→ **What you are asked to do**
Using the entries that follow, collect the lines where the word "crates" appears.

→ **Provided entries**

// And of the others, in their order, where there is a name.
const KEYS: &[Faulty] = &[
    ("seed = 1.5", "seed", PlanKind::FloatValue),
    ("repetitions = 0", "repetitions", PlanKind::BadLiteral),
    ("sequential = 1", "sequential", PlanKind::WrongKind),
    ("setup = 1.5", "setup", PlanKind::FloatValue),
    ("go = 1", "go", PlanKind::WrongKind),
    ("until = 1.5", "until", PlanKind::FloatValue),
    ("steps = -1", "steps", PlanKind::BadLiteral),
    ("every-step = 1", "every-step", PlanKind::WrongKind),
    ("budget = 0", "budget", PlanKind::BadLiteral),
    ("metrics = [1.5]", "metrics", PlanKind::FloatValue),
    ("world.wrap = 1", "world.wrap", PlanKind::UnknownKey),
    ("globals = [1]", "globals", PlanKind::WrongKind),
    ("vary = [{}]", "vary 1.name", PlanKind::MissingKey),
];

// Of each key of a world.
const WORLD_KEYS: &[Faulty] = &[
    ("other = 1", "world.other", PlanKind::UnknownKey),
    ("min-pxcor = 0.5", "world.min-pxcor", PlanKind::FloatValue),
    ("max-pxcor = true", "world.max-pxcor", PlanKind::WrongKind),
    ("min-pycor = 0.5", "world.min-pycor", PlanKind::FloatValue),
    ("max-pycor = []", "world.max-pycor", PlanKind::WrongKind),
    ("wrap-x = 1.5", "world.wrap-x", PlanKind::FloatValue),
    ("wrap-y = 1", "world.wrap-y", PlanKind::WrongKind),
];

// Of names that are set, in byte order as they are written.
const GLOBAL_KEYS: &[Faulty] = &[
    ("B = 1.5", "globals.b", PlanKind::FloatValue),
    ("\"a b\" = 1", "globals.a b", PlanKind::BadLiteral),
    ("b = []", "globals.b", PlanKind::WrongKind),
    ("size = 1", "globals.size", PlanKind::BadLiteral),
    ("zoo = 1.5", "globals.zoo", PlanKind::FloatValue),
];

// Of two faults the one that is told, in what is varied and before it.
const ENTRIES: &[Faulty] = &[
    ("vary = [{}, 1]", "vary", PlanKind::WrongKind),
    (
        "vary = [{name = \"a\", values = []}, {other = 1}]",
        "vary 1.values",
        PlanKind::BadLiteral,
    ),
    (
        "vary = [{name = \"a\", values = 1}, {name = 1}]",
        "vary 1.values",
        PlanKind::WrongKind,
    ),
    (
        "vary = [{name = 1, zz = 1}]",
        "vary 1.zz",
        PlanKind::UnknownKey,
    ),
    ("vary = [{values = 1}]", "vary 1.name", PlanKind::MissingKey),
    (
        "vary = [{name = 1.5, values = 1}]",
        "vary 1.name",
        PlanKind::FloatValue,
    ),
    (
        "vary = [{name = \"size\", values = 1.5}]",
        "vary 1.name",
        PlanKind::BadLiteral,
    ),
    (
        "vary = [{name = \"a\", values = [\"x y\"], from = 1.5}]",
        "vary 1.values",
        PlanKind::BadLiteral,
    ),
    (
        "vary = [{name = \"a\", from = 1.5, to = 1}]",
        "vary 1.values",
        PlanKind::BadLiteral,
    ),
    (
        "vary = [{name = \"a\", from = true, step = 1.5, to = 1.5}]",
        "vary 1.from",
        PlanKind::WrongKind,
    ),
    (
        "vary = [{name = \"a\", from = \"x y\", step = 1.5, to = 1.5}]",
        "vary 1.from",
        PlanKind::BadLiteral,
    ),
    (
        "vary = [{name = \"a\", from = 3, step = true, to = 2.5}]",
        "vary 1.step",
        PlanKind::WrongKind,
    ),
    (
        "vary = [{name = \"a\", from = 3, step = 0, to = 2}]",
        "vary 1.step",
        PlanKind::BadLiteral,
    ),
    (
        "vary = [{name = \"random-seed\", from = -1, step = 0, to = -2}]",
        "vary 1.from",
        PlanKind::BadLiteral,
    ),
    (
        "globals.a = []\nvary = [{}]",
        "globals.a",
        PlanKind::WrongKind,
    ),
    (
        "world.wrap-y = 1\nglobals.a = 1.5",
        "world.wrap-y",
        PlanKind::WrongKind,
    ),
    ("world = 1\nworlds = 1", "worlds", PlanKind::UnknownKey),
];
// Lines behind a head, the last ones first.
fn turned(alloc: Global, head: &str, rows: &[Faulty]) -> Result<Str, NoMemory> {
    let mut document = Str::of(alloc, head.as_bytes())?;
    for behind in 0..rows.len() {
        let row = rows[rows.len() - 1 - behind];
        document.append(alloc, row.0.as_bytes())?;
        document.append(alloc, b"\n")?;
    }
    Ok(document)
}
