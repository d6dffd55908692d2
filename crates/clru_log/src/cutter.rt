//! Bytes of a log on their way from a reader to plain lines.
ghost use Rattle.std.specs.Prelude.{◌≡◌, ◌≤◌, ℕ, List, [], ◌++◌, length, take, true, false, OnOk, OnErr};
ghost use Rattle.clru_text.specs.LinesRead.{IsFree};
ghost use Rattle.clru_log.specs.Cuts.{kept_bytes, line_of};

use crate::counts::CutCounts;
use crate::format::{Format, Wanted};
use crate::output::Output;
use crate::window::Window;
use std::alloc::{AllocError, Allocator};

/// What was read and not yet cut, and what was cut and not yet given.
#[derive(Drop)]
pub(crate) struct Cutter<A: Allocator> {
    pub(crate) format: Format<A>,
    pub(crate) wanted: Wanted,
    pub(crate) input: Window<A>,
    pub(crate) output: Output<A>,
    // The reader has no more, and its last line is cut.
    pub(crate) ended: bool,
    pub(crate) counts: CutCounts,
}

impl<A: Allocator> Cutter<A> {
    ghost use Rattle.clru_log.specs.Cutting.{ready_with};

    pub(crate) fn new(alloc: A, format: Format<A>, wanted: Wanted) -> Self
    where
        A: Copy,
        ensures input { result.input ≡ [] }
        ensures output { result.output ≡ [] }
        ensures format { result.format ≡ format }
        ensures wanted { result.wanted ≡ wanted }
        ensures open { result.ended ≡ false }
    {
        Cutter {
            format,
            wanted,
            input: Window::new(alloc),
            output: Output::new(alloc),
            ended: false,
            counts: CutCounts::default(),
        }
    }

    /// Cuts the lines that have their newline.
    pub(crate) fn cut_lines(&mut self) -> Result<(), AllocError>
        ensures same { (more : List ℕ) → ready_with self.new more ≡ ready_with self.old more }
        ensures ended { self.new.ended ≡ self.old.ended }
        ensures rest { OnOk result (IsFree self.new.input) }
    {
        'lines: while let Some(at) = self.input.newline_at() {
            self.cut(at)?;
            self.input.consume_line(at);
        }
        Ok(())
    }

    /// Cuts what is left as the last line.
    pub(crate) fn cut_last(&mut self) -> Result<(), AllocError>
        requires { IsFree self.old.input }
        ensures last { OnOk result (self.new.output ≡ ready_with self.old []) }
        ensures ended { OnOk result (self.new.ended ≡ true) }
        ensures same { OnErr result ((more : List ℕ) → ready_with self.new more ≡ ready_with self.old more) }
        ensures open { OnErr result (self.new.ended ≡ self.old.ended) }
    {
        let len = self.input.as_slice().len();
        if len == 0 {
            self.ended = true;
            return Ok(());
        }
        self.cut(len)?;
        self.input.consume(len);
        self.ended = true;
        Ok(())
    }

    // Cuts so many bytes of what is left as a line, which stays.
    fn cut(&mut self, len: usize) -> Result<(), AllocError>
        requires { len ≤ length self.old.input }
        ensures ok { OnOk result (self.new.output ≡ self.old.output
            ++ kept_bytes (line_of self.old.format self.old.wanted (take len self.old.input))) }
        ensures err { OnErr result (self.new.output ≡ self.old.output) }
        ensures same { self.new ≡ record self.old { output = self.new.output; counts = self.new.counts } }
    {
        let line = &self.input.as_slice()[..len];
        let left = self.output.cut_line(&self.format, self.wanted, line)?;
        self.counts.count(left);
        Ok(())
    }
}
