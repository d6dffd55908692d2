//! What is cut and not yet given.
ghost use Rattle.std.specs.Prelude.{◌≡◌, ◌<◌, ◌++◌, [], min, length, take, true, false, IfOk, OnErr, OnOk, None, Some, MatchResult};
ghost use Rattle.clru_log.specs.Cuts.{kept_bytes, line_of};

use crate::cut::{Left, cut_line};
use crate::format::{Format, Wanted};
use std::alloc::{AllocError, Allocator};
use std::marker::Model;

#[derive(Drop)]
pub(crate) struct Output<A: Allocator> {
    bytes: Vec<u8, A>,
    // So many of them were given.
    given: usize,
}

impl<A: Allocator> Model for Output<A> {
    ghost use Rattle.std.specs.Prelude.{ℕ, List, drop, ◌≤◌, vec_len};

    ghost Value = { List ℕ };

    ghost view = { λ o. drop o.given o.bytes.items };

    ghost invariant = { λ o. o.given ≤ vec_len o.bytes };
}

impl<A: Allocator> Output<A> {
    pub(crate) fn new(alloc: A) -> Self
        ensures { result ≡ [] }
    {
        Output {
            bytes: Vec::new(alloc),
            given: 0,
        }
    }

    /// Returns whether something is left to give.
    pub(crate) fn has_some(&self) -> bool
        ensures some { result ≡ true → 0 < length self.now }
        ensures none { result ≡ false → self.now ≡ [] }
    {
        self.given < self.bytes.len()
    }

    /// Lets go what was given, if all is.
    pub(crate) fn clear_given(&mut self)
        ensures { self.new ≡ self.old }
    {
        if self.given == self.bytes.len() {
            self.bytes.clear();
            self.given = 0;
        }
    }

    /// Gives as much as there is room for.
    pub(crate) fn give(&mut self, buf: &mut [u8]) -> usize
        ensures count { result ≡ min (length buf.new) (length self.old) }
        ensures bytes { self.old ≡ take result buf.new ++ self.new }
    {
        let ready = &self.bytes.as_slice()[self.given..];
        let count = buf.len().min(ready.len());
        buf[..count].copy_from_slice(&ready[..count]);
        self.given += count;
        count
    }

    /// Appends the plain line of a line, if the line counts.
    pub(crate) fn cut_line(
        &mut self,
        format: &Format<A>,
        wanted: Wanted,
        line: &[u8],
    ) -> Result<Option<Left>, AllocError>
        ensures line { OnOk result (self.new ≡ self.old ++ kept_bytes (line_of format.now wanted line.now)) }
        ensures err { OnErr result (self.new ≡ self.old) }
    {
        cut_line(format, wanted, line, &mut self.bytes)
    }
}
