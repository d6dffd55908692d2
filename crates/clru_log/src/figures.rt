//! The time that figures name. `clru_text` has these functions too; its own take their place here once they are public.
ghost use Rattle.std.specs.Prelude.{◌≡◌, ◌<◌, ◌≤◌, ◌^◌, ◌==◌, position};
ghost use Rattle.clru_text.specs.Times.{decimal_time, in_time as in_time_by, millionths_of as millionths_by, time_in as time_by};

use clru_text::digits_of;

const MILLION: u128 = 1_000_000;

/// Returns the time that figures name, in millionths: 1 to 20 digits, and behind a point 1 to 20 more.
pub(crate) fn time_in(figures: &[u8]) -> Option<usize>
    ensures { result ≡ time_by figures.now }
{
    match point_at(figures) {
        None => in_time(digits_of(figures)? * MILLION),
        Some(at) => time_with(&figures[..at], &figures[at + 1..]),
    }
}

fn time_with(whole: &[u8], decimals: &[u8]) -> Option<usize>
    ensures { result ≡ decimal_time whole.now decimals.now }
{
    let whole = digits_of(whole)?;
    let part = digits_of(decimals)?;
    in_time(whole * MILLION + millionths_of(part, decimals.len()))
}

fn in_time(number: u128) -> Option<usize>
    ensures { result ≡ in_time_by number }
{
    usize::try_from(number).ok()
}

/// Returns so many decimals as millionths.
pub(crate) fn millionths_of(part: u128, places: usize) -> u128
    requires few { places ≤ 20 }
    requires below { part < 10 ^ 20 }
    ensures value { result ≡ millionths_by part places }
    ensures below { result < 10 ^ 26 }
{
    if places <= 6 {
        part * power_of_ten(6 - places)
    } else {
        part / 10u128.pow((places - 6) as u32)
    }
}

fn power_of_ten(exponent: usize) -> u128
    requires { exponent ≤ 6 }
    ensures { result ≡ 10 ^ exponent }
{
    match exponent {
        0 => 1,
        1 => 10,
        2 => 10 * 10,
        3 => 10 * 10 * 10,
        4 => 10 * 10 * 10 * 10,
        5 => 10 * 10 * 10 * 10 * 10,
        _ => MILLION,
    }
}

// The place of the first point.
fn point_at(figures: &[u8]) -> Option<usize>
    ensures { result ≡ position (λ b. b == 46) figures.now }
{
    figures.iter().position(|byte| *byte == b'.')
}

→ **Expected answer**
filename crates/clru_log/src/cutter.rt
filename crates/clru_log/src/figures.rt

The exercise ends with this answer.